Databricks Cross Workspace Miner

The databricks cross workspace miner custom package calculates usage and popularity metrics across different Databricks Workspaces. This package is an extension to the Databricks Miner package available in marketplace packages.

Pre-requisites

Grant Permissions

  1. Grant access to system tables for popularity calculation:

    This custom package supports extracting usage and popularity for your Databricks assets using system tables. You must have a Unity Catalog-enabled workspace to use system tables.

  2. Enable a system schema:

  3. You will need your account admin to enable the system.query schema using the SystemSchemas API. This will allow Atlan to extract query history using system tables.
  4. To enable a system schema, refer to Databricks documentation:
  5. Replace {schema_name} with access.
  6. To ensure that system schemas is enabled for each schema, follow the steps in Databricks documentation. If enabled for any given schema, the state will be EnableCompleted.

  7. Grant permissions:

Atlan supports extracting Databricks usage and popularity using system tables for three authentication methods including Personal access token authentication, AWS service principal authentication and Azure service principal authentication. You will need to grant the following permissions:

  1. CAN_USE on a SQL warehouse
  2. USE SCHEMA on system.query
  3. SELECT on system.query.history
  1. Locate warehouse ID:

To extract usage and popularity using system tables, you will also need the warehouse ID of your SQL warehouse. To locate the warehouse ID:

  1. Log in to your Databricks workspace as a workspace admin.
  2. From the left menu of your workspace, click SQL Warehouses.
  3. On the Compute page, select the warehouse you want to use.
  4. From the Overview tab of your warehouse page, next to the Name of your warehouse, copy the value for your SQL warehouse ID. For example, example-warehouse (ID: 123ab4c5def67890), copy the value 123ab4c5def67890 and store it in a secure location.

  5. Disable Popularity on the Databricks Miner:

Disable the usage popularity calculation on the Databricks Miner configuration by setting Fetch Query History and Calculate Popularity to No.

Configuration

  1. Connection : For Connection, select the connection to extract. (To select a connection, the crawler must have already run.)

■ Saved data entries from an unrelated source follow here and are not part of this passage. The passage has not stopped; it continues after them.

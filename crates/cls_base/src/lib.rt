//! The ground that every other crate of clsynth stands on. A file has the type of its name, but for `measures`, which has the
//! measures of closed types, and `sure`, which has the source and the sink that never fail.
//!
//! - [`Ty`] is a closed type with its order and measures, [`Schema`] a type that may have variables, and [`Name`] the
//!   number of a name. What types, terms, subtyping, typing and pages mean is defined in `specs/`.
//! - [`Source`], [`Sink`] and [`Gate`] are the outside. [`MemorySource`] and [`MemorySink`] fail where a test wants it,
//!   [`SureSource`] and [`SureSink`] never do.
//! - [`Taxa`] is what the layers above ask of an order of names, [`Flat`] the order in which a name is below itself
//!   alone, and [`Key`] what serves as a key of a table.
//! - [`Rule`] is one way in which a goal can be met, with goals for arguments. [`Goals`] is a list of goals.
//! - [`RuleBook`] is what a listing of terms asks of a rule book. [`NodeRules`] are the rules of one node, in three flat columns:
//!   their heads, their arguments one after another, and where those of each rule end. [`RuleRef`] is one of them, and
//!   [`OmegaBook`] the rule book of omega, which every term meets; [`laws`] says what its language is.
//! - [`limits`] has the numbers that the language fixes.
//! - [`Numbers`] is a list of numbers, [`NumberLists`] a list of such lists, and [`start_of`] tells where one begins in its
//!   column. [`OutOfMemory`] is what a call answers that found no memory.
#![tactic(auto)]

mod gate;
mod key;
pub mod laws;
pub mod limits;
mod measures;
mod memory_sink;
mod memory_source;
mod node_rules;
mod number_lists;
mod numbers;
mod omega_book;
mod out_of_memory;
mod rule;
mod rule_book;
mod rule_ref;
mod schema;
mod sink;
mod source;
mod sure;
mod taxa;
mod ty;

pub use gate::{Gate, OpenGate};
pub use key::Key;
pub use memory_sink::MemorySink;
pub use memory_source::MemorySource;
pub use node_rules::NodeRules;
pub use number_lists::{NumberLists, start_of};
pub use numbers::Numbers;
pub use omega_book::OmegaBook;
pub use out_of_memory::OutOfMemory;
pub use rule::{Goals, Rule};
pub use rule_book::RuleBook;
pub use rule_ref::RuleRef;
pub use schema::Schema;
pub use sink::Sink;
pub use source::{Failed, Source};
pub use sure::{SureSink, SureSource};
pub use taxa::{Flat, Taxa, Variance};
pub use ty::{Name, Ty};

  2. SQL Warehouse ID : Enter the Warehouse ID located in steps above.

  3. Popularity Window: For Popularity Window (days), 30 days is the maximum limit. You can set a shorter popularity window of less than 30 days.

  4. Start time: For Start time, choose the earliest date from which to mine query history.

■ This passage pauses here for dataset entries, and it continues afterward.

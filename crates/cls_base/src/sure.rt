ghost use Rattle.std.specs.Prelude.{◌≡◌, ℕ, ◌+◌, ◌-◌, ◌<◌, ◌≤◌, List, [], ◌++◌, length, take, drop, min, Some, Ok, IfOk};

use crate::out_of_memory::OutOfMemory;
use crate::sink::Sink;
use crate::source::{Failed, Source};
use std::alloc::Global;
use std::marker::Model;

/// A source over memory that never fails, seen as the bytes that are left and those that the last read gave.
#[derive(Drop)]
pub struct SureSource {
    bytes: Vec<u8>,
    at: usize,
    // How many bytes the last read gave.
    given: usize,
}

impl Model for SureSource {
    ghost use Rattle.std.specs.Prelude.{◌-◌, ◌≤◌, length, take, drop};
    ghost use Rattle.cls_base.specs.Memory.{SureInput};

    ghost Value = { SureInput };

    ghost view = { λ s. record {
      left = drop s.at s.bytes.items;
      last = take s.given (drop (s.at - s.given) s.bytes.items);
    } };

    ghost invariant = { λ s. (s.at ≤ length s.bytes.items) × (s.given ≤ s.at) };
}

impl SureSource {
    /// A source of these bytes. Takes no memory.
    pub fn new(bytes: Vec<u8>) -> SureSource
        ensures { result ≡ record { left = bytes.items; last = [] } }
    {
        SureSource {
            bytes,
            at: 0,
            given: 0,
        }
    }

    /// Copies the next bytes to the front of `into`, as many as fit and are left, and says how many.
    pub(crate) fn copy_next(&mut self, into: &mut [u8]) -> usize
        ensures count { result ≡ min (length into.old) (length self.old.left) }
        ensures copied { into.new ≡ take result self.old.left ++ drop result into.old }
        ensures left { self.new ≡ record { left = drop result self.old.left; last = take result self.old.left } }
    {
        let count = (self.bytes.len() - self.at).min(into.len());
        into[..count].copy_from_slice(&self.bytes[self.at..self.at + count]);
        self.at += count;
        self.given = count;
        count
    }
}

impl Source for SureSource {
    ghost seen = { λ s. record { left = Some s.left; last = Some s.last; faults = 0 } };

    /// Gives all that fits and is left.
    fn read(&mut self, into: &mut [u8]) -> Result<usize, Failed>
        ensures count { result ≡ Ok (min (length into.old) (length self.old.left)) }
        ensures copied { IfOk result (λ n. into.new ≡ take n self.old.left ++ drop n into.old) }
        ensures given { IfOk result (λ n.
            self.new ≡ record { left = drop n self.old.left; last = take n self.old.left }) }
    {
        Ok(self.copy_next(into))
    }
}

/// A sink over memory that never fails while there is room, and takes each piece whole.
#[derive(Drop)]
pub struct SureSink {
    held: Vec<u8>,
    room: usize,
}

impl Model for SureSink {
    ghost use Rattle.std.specs.Prelude.{ℕ, ◌+◌, ◌≤◌, length, vec_capacity};
    ghost use Rattle.cls_base.specs.Memory.{SureOutput};

    ghost Value = { SureOutput };

    ghost view = { λ s. record { held = s.held.items; room = s.room } };

    ghost invariant = { λ s. length s.held.items + s.room ≤ vec_capacity s.held };
}

impl SureSink {
    /// A sink that takes `spare` bytes in all. The memory for them is taken now, and `OutOfMemory` is the answer if
    /// there is none.
    pub fn new(alloc: Global, spare: usize) -> Result<SureSink, OutOfMemory>
        ensures { IfOk result (λ s. s ≡ record { held = []; room = spare }) }
    {
        Ok(SureSink {
            held: Vec::with_capacity(alloc, spare)?,
            room: spare,
        })
    }

    /// The bytes that were taken so far.
    pub fn held(&self) -> &[u8]
        ensures { result.now ≡ self.now.held }
    {
        self.held.as_slice()
    }

    /// How many bytes there is room for yet.
    pub fn room(&self) -> usize
        ensures { result ≡ self.now.room }
    {
        self.room
    }

    /// Takes the whole piece.
    pub(crate) fn append(&mut self, piece: &[u8])
        requires { length piece.now ≤ self.old.room }
        ensures { self.new ≡ record {
          held = self.old.held ++ piece.now;
          room = self.old.room - length piece.now;
        } }
    {
        self.held.extend_from_slice(piece).unwrap();
        self.room -= piece.len();
    }
}

impl Sink for SureSink {
    ghost seen = { λ s. record { held = Some s.held; room = Some s.room; faults = 0 } };

    /// Takes the whole piece.
    fn write(&mut self, piece: &[u8]) -> Result<usize, Failed>
        requires { length piece.now ≤ self.old.room }
        ensures whole { result ≡ Ok (length piece.now) }
        ensures after { self.new ≡ record {
          held = self.old.held ++ piece.now;
          room = self.old.room - length piece.now;
        } }
    {
        self.append(piece);
        Ok(piece.len())
    }
}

Run the Databricks Cross Workspace Miner Custom package

To run the Databricks Cross Workspace Miner Custom package, after completing the steps above: 1. To check for any permissions or other configuration issues before running the package, click Preflight checks. 2. To run the package once immediately, at the bottom of the screen, click the Run button. 3. To schedule the package to run hourly, daily, weekly, or monthly, at the bottom of the screen, click the Schedule Run button.

Order of Operation

This custom package should be run after the Databricks Miner has completed its run.

What it does

The databricks cross workspace miner custom package connects to your database, queries the query.history system table for the defined period, and calculates popularity across different workspaces.